--- Required work ---
When you find the line with "pub const FORM_LENGTH: usize = 11;" among the records below, reproduce it and each line after it exactly, ending with the line with "pub const MAX_LENGTH: usize".

##### Record excerpts #####

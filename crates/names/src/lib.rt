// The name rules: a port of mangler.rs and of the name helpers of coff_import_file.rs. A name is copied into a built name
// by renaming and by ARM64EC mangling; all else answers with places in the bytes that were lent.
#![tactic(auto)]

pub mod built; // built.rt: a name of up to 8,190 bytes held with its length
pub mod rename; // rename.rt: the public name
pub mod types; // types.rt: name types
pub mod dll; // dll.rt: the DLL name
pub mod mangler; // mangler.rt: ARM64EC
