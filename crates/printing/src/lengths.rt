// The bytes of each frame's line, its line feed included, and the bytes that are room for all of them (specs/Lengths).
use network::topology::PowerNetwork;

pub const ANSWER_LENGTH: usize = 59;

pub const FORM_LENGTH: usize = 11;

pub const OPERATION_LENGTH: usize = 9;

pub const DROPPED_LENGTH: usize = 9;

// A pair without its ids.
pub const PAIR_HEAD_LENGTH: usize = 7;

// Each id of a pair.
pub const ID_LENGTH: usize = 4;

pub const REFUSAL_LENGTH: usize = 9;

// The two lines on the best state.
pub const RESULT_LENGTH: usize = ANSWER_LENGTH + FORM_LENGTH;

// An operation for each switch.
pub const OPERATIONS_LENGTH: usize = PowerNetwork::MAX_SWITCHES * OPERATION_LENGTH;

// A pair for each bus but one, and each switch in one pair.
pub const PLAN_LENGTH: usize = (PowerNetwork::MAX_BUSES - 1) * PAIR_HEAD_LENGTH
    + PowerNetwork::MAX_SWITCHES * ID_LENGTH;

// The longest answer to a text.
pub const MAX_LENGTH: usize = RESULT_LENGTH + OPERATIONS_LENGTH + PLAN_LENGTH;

#####
##### Record excerpts #####

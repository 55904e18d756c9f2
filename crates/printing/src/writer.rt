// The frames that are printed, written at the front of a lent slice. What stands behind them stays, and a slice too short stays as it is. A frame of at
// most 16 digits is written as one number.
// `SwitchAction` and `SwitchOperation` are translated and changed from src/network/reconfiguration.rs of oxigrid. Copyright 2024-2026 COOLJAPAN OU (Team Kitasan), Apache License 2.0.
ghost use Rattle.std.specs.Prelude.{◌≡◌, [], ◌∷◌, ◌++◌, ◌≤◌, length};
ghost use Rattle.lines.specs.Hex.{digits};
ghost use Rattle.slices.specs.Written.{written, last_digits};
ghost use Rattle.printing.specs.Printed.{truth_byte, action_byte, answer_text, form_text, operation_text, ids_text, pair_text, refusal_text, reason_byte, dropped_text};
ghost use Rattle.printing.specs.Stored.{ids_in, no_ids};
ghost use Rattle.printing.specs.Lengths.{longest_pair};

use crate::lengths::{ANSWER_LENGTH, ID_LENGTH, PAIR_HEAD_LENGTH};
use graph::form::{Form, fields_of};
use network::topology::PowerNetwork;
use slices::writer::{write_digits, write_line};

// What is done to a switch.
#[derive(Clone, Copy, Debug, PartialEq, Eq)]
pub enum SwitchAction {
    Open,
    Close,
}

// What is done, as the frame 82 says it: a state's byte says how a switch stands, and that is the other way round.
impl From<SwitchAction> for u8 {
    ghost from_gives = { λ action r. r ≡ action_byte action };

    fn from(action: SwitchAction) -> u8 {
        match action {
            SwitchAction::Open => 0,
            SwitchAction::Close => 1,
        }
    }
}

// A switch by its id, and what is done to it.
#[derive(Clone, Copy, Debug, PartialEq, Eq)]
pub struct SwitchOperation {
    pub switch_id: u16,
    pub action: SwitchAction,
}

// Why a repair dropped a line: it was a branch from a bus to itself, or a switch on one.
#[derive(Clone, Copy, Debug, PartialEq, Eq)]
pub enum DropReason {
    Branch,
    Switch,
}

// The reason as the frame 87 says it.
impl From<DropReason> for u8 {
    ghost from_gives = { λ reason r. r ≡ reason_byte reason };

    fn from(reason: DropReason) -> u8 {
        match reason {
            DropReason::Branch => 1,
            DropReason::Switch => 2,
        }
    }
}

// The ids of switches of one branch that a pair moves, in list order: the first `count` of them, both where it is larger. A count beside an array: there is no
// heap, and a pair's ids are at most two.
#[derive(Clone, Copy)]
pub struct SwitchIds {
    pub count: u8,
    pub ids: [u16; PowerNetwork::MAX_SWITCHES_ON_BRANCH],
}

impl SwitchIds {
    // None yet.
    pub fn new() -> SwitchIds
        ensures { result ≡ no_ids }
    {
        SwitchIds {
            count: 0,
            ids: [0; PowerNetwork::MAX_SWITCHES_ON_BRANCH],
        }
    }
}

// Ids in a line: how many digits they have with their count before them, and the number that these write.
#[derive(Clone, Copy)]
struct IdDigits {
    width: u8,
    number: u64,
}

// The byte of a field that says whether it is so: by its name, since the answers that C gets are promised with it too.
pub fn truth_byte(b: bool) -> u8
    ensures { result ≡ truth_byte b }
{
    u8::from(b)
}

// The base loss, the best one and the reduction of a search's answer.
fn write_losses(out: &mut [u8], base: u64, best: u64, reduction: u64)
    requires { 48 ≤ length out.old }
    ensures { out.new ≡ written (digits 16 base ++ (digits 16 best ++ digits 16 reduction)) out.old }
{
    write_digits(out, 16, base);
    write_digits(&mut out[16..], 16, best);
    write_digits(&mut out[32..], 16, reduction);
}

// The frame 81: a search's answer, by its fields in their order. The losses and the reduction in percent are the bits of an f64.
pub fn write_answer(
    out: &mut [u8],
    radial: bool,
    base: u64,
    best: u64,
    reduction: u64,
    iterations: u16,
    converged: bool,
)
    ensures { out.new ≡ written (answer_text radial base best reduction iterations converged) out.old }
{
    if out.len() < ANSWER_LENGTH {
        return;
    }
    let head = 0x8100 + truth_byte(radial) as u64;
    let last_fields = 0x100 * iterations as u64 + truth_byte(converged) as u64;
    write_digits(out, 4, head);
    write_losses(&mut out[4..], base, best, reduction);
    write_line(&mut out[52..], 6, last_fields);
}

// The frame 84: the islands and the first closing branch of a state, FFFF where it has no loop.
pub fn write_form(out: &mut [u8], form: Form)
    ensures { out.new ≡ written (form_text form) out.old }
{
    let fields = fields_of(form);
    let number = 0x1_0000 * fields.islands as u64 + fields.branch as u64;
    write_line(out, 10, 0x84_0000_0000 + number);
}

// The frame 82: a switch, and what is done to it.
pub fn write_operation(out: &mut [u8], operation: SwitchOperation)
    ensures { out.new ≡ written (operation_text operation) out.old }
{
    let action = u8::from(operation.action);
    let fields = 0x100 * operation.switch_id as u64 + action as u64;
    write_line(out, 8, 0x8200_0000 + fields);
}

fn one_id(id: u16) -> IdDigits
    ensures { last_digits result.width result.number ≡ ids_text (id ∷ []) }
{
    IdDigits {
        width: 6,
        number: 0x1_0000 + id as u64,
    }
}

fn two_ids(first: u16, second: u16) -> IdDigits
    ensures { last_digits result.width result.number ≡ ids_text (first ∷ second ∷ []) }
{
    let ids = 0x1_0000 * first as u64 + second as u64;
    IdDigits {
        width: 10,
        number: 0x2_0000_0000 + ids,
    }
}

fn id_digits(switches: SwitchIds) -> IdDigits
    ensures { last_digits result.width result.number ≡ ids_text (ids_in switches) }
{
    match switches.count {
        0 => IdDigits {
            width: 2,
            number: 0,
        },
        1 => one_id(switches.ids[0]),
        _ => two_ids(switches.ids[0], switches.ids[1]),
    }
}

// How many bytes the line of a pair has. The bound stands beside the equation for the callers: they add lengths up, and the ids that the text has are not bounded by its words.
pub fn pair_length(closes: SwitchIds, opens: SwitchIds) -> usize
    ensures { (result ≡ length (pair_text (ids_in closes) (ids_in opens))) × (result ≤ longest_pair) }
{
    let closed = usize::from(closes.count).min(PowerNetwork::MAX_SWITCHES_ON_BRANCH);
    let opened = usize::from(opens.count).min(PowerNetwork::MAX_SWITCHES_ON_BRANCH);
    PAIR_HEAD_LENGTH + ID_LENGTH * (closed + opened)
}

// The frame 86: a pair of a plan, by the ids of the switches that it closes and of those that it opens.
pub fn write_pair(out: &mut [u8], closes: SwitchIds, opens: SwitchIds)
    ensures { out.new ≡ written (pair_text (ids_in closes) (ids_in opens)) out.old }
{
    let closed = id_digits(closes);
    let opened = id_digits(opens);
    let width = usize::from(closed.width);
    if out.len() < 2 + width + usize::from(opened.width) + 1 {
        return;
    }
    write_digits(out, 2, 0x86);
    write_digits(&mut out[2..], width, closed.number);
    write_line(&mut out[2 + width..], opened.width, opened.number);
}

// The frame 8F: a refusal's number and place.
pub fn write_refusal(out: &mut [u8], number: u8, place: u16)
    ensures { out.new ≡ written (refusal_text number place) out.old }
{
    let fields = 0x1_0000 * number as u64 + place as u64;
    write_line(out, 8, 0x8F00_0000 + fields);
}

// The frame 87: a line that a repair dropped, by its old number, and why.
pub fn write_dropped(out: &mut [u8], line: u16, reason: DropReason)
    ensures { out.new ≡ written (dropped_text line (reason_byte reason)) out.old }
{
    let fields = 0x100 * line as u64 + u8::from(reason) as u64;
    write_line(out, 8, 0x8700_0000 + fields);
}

#####

--- Written response ---
pub const FORM_LENGTH: usize = 11;

pub const OPERATION_LENGTH: usize = 9;

pub const DROPPED_LENGTH: usize = 9;

// A pair without its ids.
pub const PAIR_HEAD_LENGTH: usize = 7;

// Each id of a pair.
pub const ID_LENGTH: usize = 4;

pub const REFUSAL_LENGTH: usize = 9;

// The two lines on the best state.
pub const RESULT_LENGTH: usize = ANSWER_LENGTH + FORM_LENGTH;

// An operation for each switch.
pub const OPERATIONS_LENGTH: usize = PowerNetwork::MAX_SWITCHES * OPERATION_LENGTH;

// A pair for each bus but one, and each switch in one pair.
pub const PLAN_LENGTH: usize = (PowerNetwork::MAX_BUSES - 1) * PAIR_HEAD_LENGTH
    + PowerNetwork::MAX_SWITCHES * ID_LENGTH;

// The longest answer to a text.
pub const MAX_LENGTH: usize = RESULT_LENGTH + OPERATIONS_LENGTH + PLAN_LENGTH;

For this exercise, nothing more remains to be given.